For Rockies LNG, a consortium of six western Canadian natural gas producers together producing about 3 bcfpd, or 20% of total Canadian production, Ksi Lisim LNG represents an opportunity to diversify away from traditional North America markets in favour of more lucrative markets in Asia, which are out of reach of most Canadian producers without access to liquefaction and export facilities, CEO Charlotte Raggett tells GVG
“The Montney and Duvernay formations are the main source of the natural gas that the Rockies LNG partners plan to export through the new Canadian west coast LNG terminal,” she says. “These are prolific fields, but their distance from the main gas-consuming regions of North America means that the product often sells at a discount – receiving full value for the produced resources matters to all Canadians.”
Another key benefit, Raggett says, is the opportunity to contribute to the global climate change solutions. Drawing on technological innovation, higher efficiency and Canada’s strict regulatory limits o fugitive emissions and flaring, Canadian natural gas is less carbon-intensive than gas from most other producing regions, she says.

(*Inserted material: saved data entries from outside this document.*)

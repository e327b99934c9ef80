// Making a sheet of best splits.
ghost use Rattle.std.specs.Prelude.{◌≡◌, ◌*◌, ◌^◌, ◌≤◌, length};
ghost use Rattle.bits.specs.Numbers.{number};
ghost use Rattle.tables.specs.Table.{most_inputs, table_length, table_bit};
ghost use Rattle.splits.specs.Columns.{most_first};
ghost use Rattle.sheets.specs.Edition.{IsEdition, most_records, first_edition};
ghost use Rattle.tables.specs.Work.{work_length};
ghost use Rattle.chains.specs.Aside.{cells_aside};
ghost use Rattle.refusals.specs.Results.{verdict_of};
ghost use Rattle.refusals.specs.Lines.{verdict};
ghost use Rattle.bench.specs.MakeSheet.{make_answer, make_form, chain_written, make_outcome};

use making::chaining::chain_upto;
use refusals::form;
use refusals::verdicts::Refusal;
use sheets::kinds::{Edition, Sheet};
use sheets::writing::put_all;
use tables::WORK;

// Lines 1 to 6.
fn make_form<'a>(
    e: Edition,
    d: u64,
    n: u64,
    k: u64,
    t: &'a [u8],
    sheet: &'a [u8],
    work: &'a [u8],
) -> Result<(), Refusal>
    requires { IsEdition e }
    ensures { verdict_of result ≡ verdict (make_form e d n k t.now sheet.now work.now) }
{
    form::gate(e, n, k, t)?;
    if d > Sheet::DESKS as u64 {
        return Err(Refusal::Desk);
    }
    if sheet.len() < e.size * Sheet::RECORDS {
        return Err(Refusal::Room);
    }
    if work.len() < WORK {
        return Err(Refusal::Room);
    }
    Ok(())
}

// The chain of a gate with up to `most` first cells at each step: its records into lent bytes that are enough, or that
// it is stuck, or longer than a sheet, which it never is with one; the work area is cleared.
pub fn write_chain(
    e: Edition,
    d: u8,
    n: u32,
    most: u32,
    k: u32,
    t: &[u8],
    sheet: &mut [u8],
    work: &mut [u8],
) -> Result<usize, Refusal>
    requires edition { IsEdition e × (1 ≤ n) × (n ≤ most_inputs) × (most ≤ most_first) × (2 ≤ k) × (k ≤ e.most) }
    requires t_len { (length t.now ≡ table_length n) × (e.size * most_records ≤ length sheet.old)
        × (work_length ≤ length work.old) }
    ensures { record { answer = make_answer result; sheet = sheet.new; work = work.new }
        ≡ chain_written e d (cells_aside most n k (number (2 ^ n) (table_bit t.now))) sheet.old
        work.old }
{
    let chain = chain_upto(t, n, most, k, work).ok_or(Refusal::NoSplit)?;
    if Sheet::RECORDS < chain.count {
        return Err(Refusal::Long);
    }
    put_all(e, d, chain.sheet, sheet);
    Ok(chain.count)
}

// Makes the sheet of a table in an edition's records, for the desk d.
pub fn make_in(
    e: Edition,
    d: u64,
    n: u64,
    k: u64,
    t: &[u8],
    sheet: &mut [u8],
    work: &mut [u8],
) -> Result<usize, Refusal>
    requires { IsEdition e }
    ensures { record { answer = make_answer result; sheet = sheet.new; work = work.new } ≡ make_outcome e d n k
        t.now sheet.old work.old }
{
    make_form(e, d, n, k, t, sheet, work)?;
    write_chain(e, d as u8, n as u32, 1, k as u32, t, sheet, work)
}

// Makes the sheet of a table for a desk, 0 being the bench's own: how many cells.
pub fn make_for_desk(
    n: u64,
    k: u64,
    desk: u64,
    t: &[u8],
    sheet: &mut [u8],
    work: &mut [u8],
) -> Result<usize, Refusal>
    ensures { record { answer = make_answer result; sheet = sheet.new; work = work.new }
        ≡ make_outcome first_edition desk n k t.now sheet.old work.old }
{
    make_in(Edition::first(), desk, n, k, t, sheet, work)
}

// Makes the sheet of a table for bench use: how many cells.
pub fn make_sheet(
    n: u64,
    k: u64,
    t: &[u8],
    sheet: &mut [u8],
    work: &mut [u8],
) -> Result<usize, Refusal>
    ensures { record { answer = make_answer result; sheet = sheet.new; work = work.new }
        ≡ make_outcome first_edition 0 n k t.now sheet.old work.old }
{
    make_for_desk(n, k, 0, t, sheet, work)
}
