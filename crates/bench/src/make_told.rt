// Making a sheet of best splits in a told edition.
ghost use Rattle.std.specs.Prelude.{◌≡◌};
ghost use Rattle.bench.specs.MakeTold.{make_told};
ghost use Rattle.bench.specs.MakeSheet.{make_answer};

use crate::make_sheet::make_in;
use refusals::form;
use refusals::verdicts::Refusal;
use sheets::kinds::Edition;

// Makes the sheet of a table in records of the edition with the number w, for a desk, 0 being the bench's own: how many
// cells.
pub fn make_told(
    w: u64,
    n: u64,
    k: u64,
    desk: u64,
    t: &[u8],
    sheet: &mut [u8],
    work: &mut [u8],
) -> Result<usize, Refusal>
    ensures { record { answer = make_answer result; sheet = sheet.new; work = work.new }
        ≡ make_told w desk n k t.now sheet.old work.old }
{
    form::told(w, n)?;
    make_in(Edition::numbered(w), desk, n, k, t, sheet, work)
}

“Pairing this with a net-zero liquefaction facility means that exporting LNG from Canada can significantly reduce global greenhouse gas emissions by displacing higher emitting fuels, or LNG from more carbonintensive supply regions,” she says. “Northern BC’s relative proximity to Asian markets, when compared with the US Gulf Coast, also reduces transportation costs, energy consumption and shipping emissions.”
The environmental benefits that all three of these Canadian LNG projects will bring to the world are confirmed by a Wood Mackenzie report in November 2022 which showed that Canadian LNG exported to northeast Asia to displace coal use would reduce emissions by about 188 MTPA of CO2, or about 29% of Canada’s annual emissions.

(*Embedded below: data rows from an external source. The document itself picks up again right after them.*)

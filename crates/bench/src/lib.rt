// The bench: making a sheet, in the first edition or in the one that is told.
#![tactic(auto)]

pub mod make_sheet;
pub mod make_told;
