// Keeping the shorter of two sheets for one table: a part of what the caller lent, where it lies.
ghost use Rattle.std.specs.Prelude.{◌≡◌};
ghost use Rattle.sheets.specs.Edition.{IsEdition, first_edition};
ghost use Rattle.refusals.specs.Results.{verdict_of};
ghost use Rattle.comparing.specs.Shorter.{kept_of, which_kept, kept_outcome, part_of, shorter_outcome};

use inspection::check_sheet::check_own;
use refusals::verdicts::Refusal;
use sheets::kinds::Edition;

// One of two sheets.
#[derive(Clone, Copy, Debug, PartialEq, Eq)]
pub enum Which {
    First,
    Second,
}

// By what the check says of each, and their numbers of records: which is kept, or what was said of the first.
fn keep(
    first: Result<(), Refusal>,
    second: Result<(), Refusal>,
    i: usize,
    j: usize,
) -> Result<Which, Refusal>
    ensures { kept_of result ≡ which_kept (verdict_of first) (verdict_of second) i j }
{
    match (first, second) {
        (Ok(()), Ok(())) => {
            if i <= j {
                return Ok(Which::First);
            }
            Ok(Which::Second)
        }
        (Ok(()), Err(_)) => Ok(Which::First),
        (Err(_), Ok(())) => Ok(Which::Second),
        (Err(why), Err(_)) => Err(why),
    }
}

// Looks over both sheets of an edition, each for its own desk.
pub fn keep_in<'a>(
    e: Edition,
    n: u64,
    t: &'a [u8],
    first: &'a [u8],
    second: &'a [u8],
) -> Result<Which, Refusal>
    requires { IsEdition e }
    ensures { kept_of result ≡ kept_outcome e n t.now first.now second.now }
{
    let one = check_own(e, n, t, first);
    let two = check_own(e, n, t, second);
    keep(one, two, first.len() / e.size, second.len() / e.size)
}

// The number of the sheet that is kept: 0 none, 1 the first, 2 the second.
pub fn number_kept(kept: Result<Which, Refusal>) -> u64
    ensures { result ≡ (kept_of kept).which }
{
    match kept {
        Ok(Which::First) => 1,
        Ok(Which::Second) => 2,
        Err(_) => 0,
    }
}

// The sheet with that number, as it lies in the caller's memory; of any other number none of it.
// The number stays one: what is handed back for every number is promised.
pub fn part_of<'a>(which: u64, first: &'a [u8], second: &'a [u8]) -> &'a [u8]
    ensures { result.now ≡ part_of which first.now second.now }
{
    if which == 1 {
        return first;
    }
    if which == 2 {
        return second;
    }
    &first[..0]
}

// Which of two sheets for one table is kept: the shorter of those that the check accepts; else what it says of the
// first.
pub fn keep_shorter<'a>(
    n: u64,
    t: &'a [u8],
    first: &'a [u8],
    second: &'a [u8],
) -> Result<Which, Refusal>
    ensures { kept_of result ≡ kept_outcome first_edition n t.now first.now second.now }
{
    keep_in(Edition::first(), n, t, first, second)
}

// The shorter of two sheets for one table, of those that the check accepts; empty if it accepts neither.
pub fn shorter<'a>(n: u64, t: &'a [u8], first: &'a [u8], second: &'a [u8]) -> &'a [u8]
    ensures { result.now ≡ shorter_outcome first_edition n t.now first.now second.now }
{
    let kept = keep_shorter(n, t, first, second);
    part_of(number_kept(kept), first, second)
}

// The call beside: done if one of them is accepted, else the first's refusal.
pub fn shorter_verdict<'a>(
    n: u64,
    t: &'a [u8],
    first: &'a [u8],
    second: &'a [u8],
) -> Result<(), Refusal>
    ensures { verdict_of result ≡ (kept_outcome first_edition n t.now first.now second.now).verdict }
{
    keep_shorter(n, t, first, second)?;
    Ok(())
}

That’s enough of a business case, the consultancy says, to leave the door open for even more Canadian LNG to Asia.
“There are still promises for Canadian projects, especially with the changing global market dynamics,” says Dulles Wang, director of Wood Mackenzie’s Americas gas and LNG research team. “From the west coast, the shorter shipping time to Asia compared to the US Gulf Coast offers logistical, economic and emissions advantages.”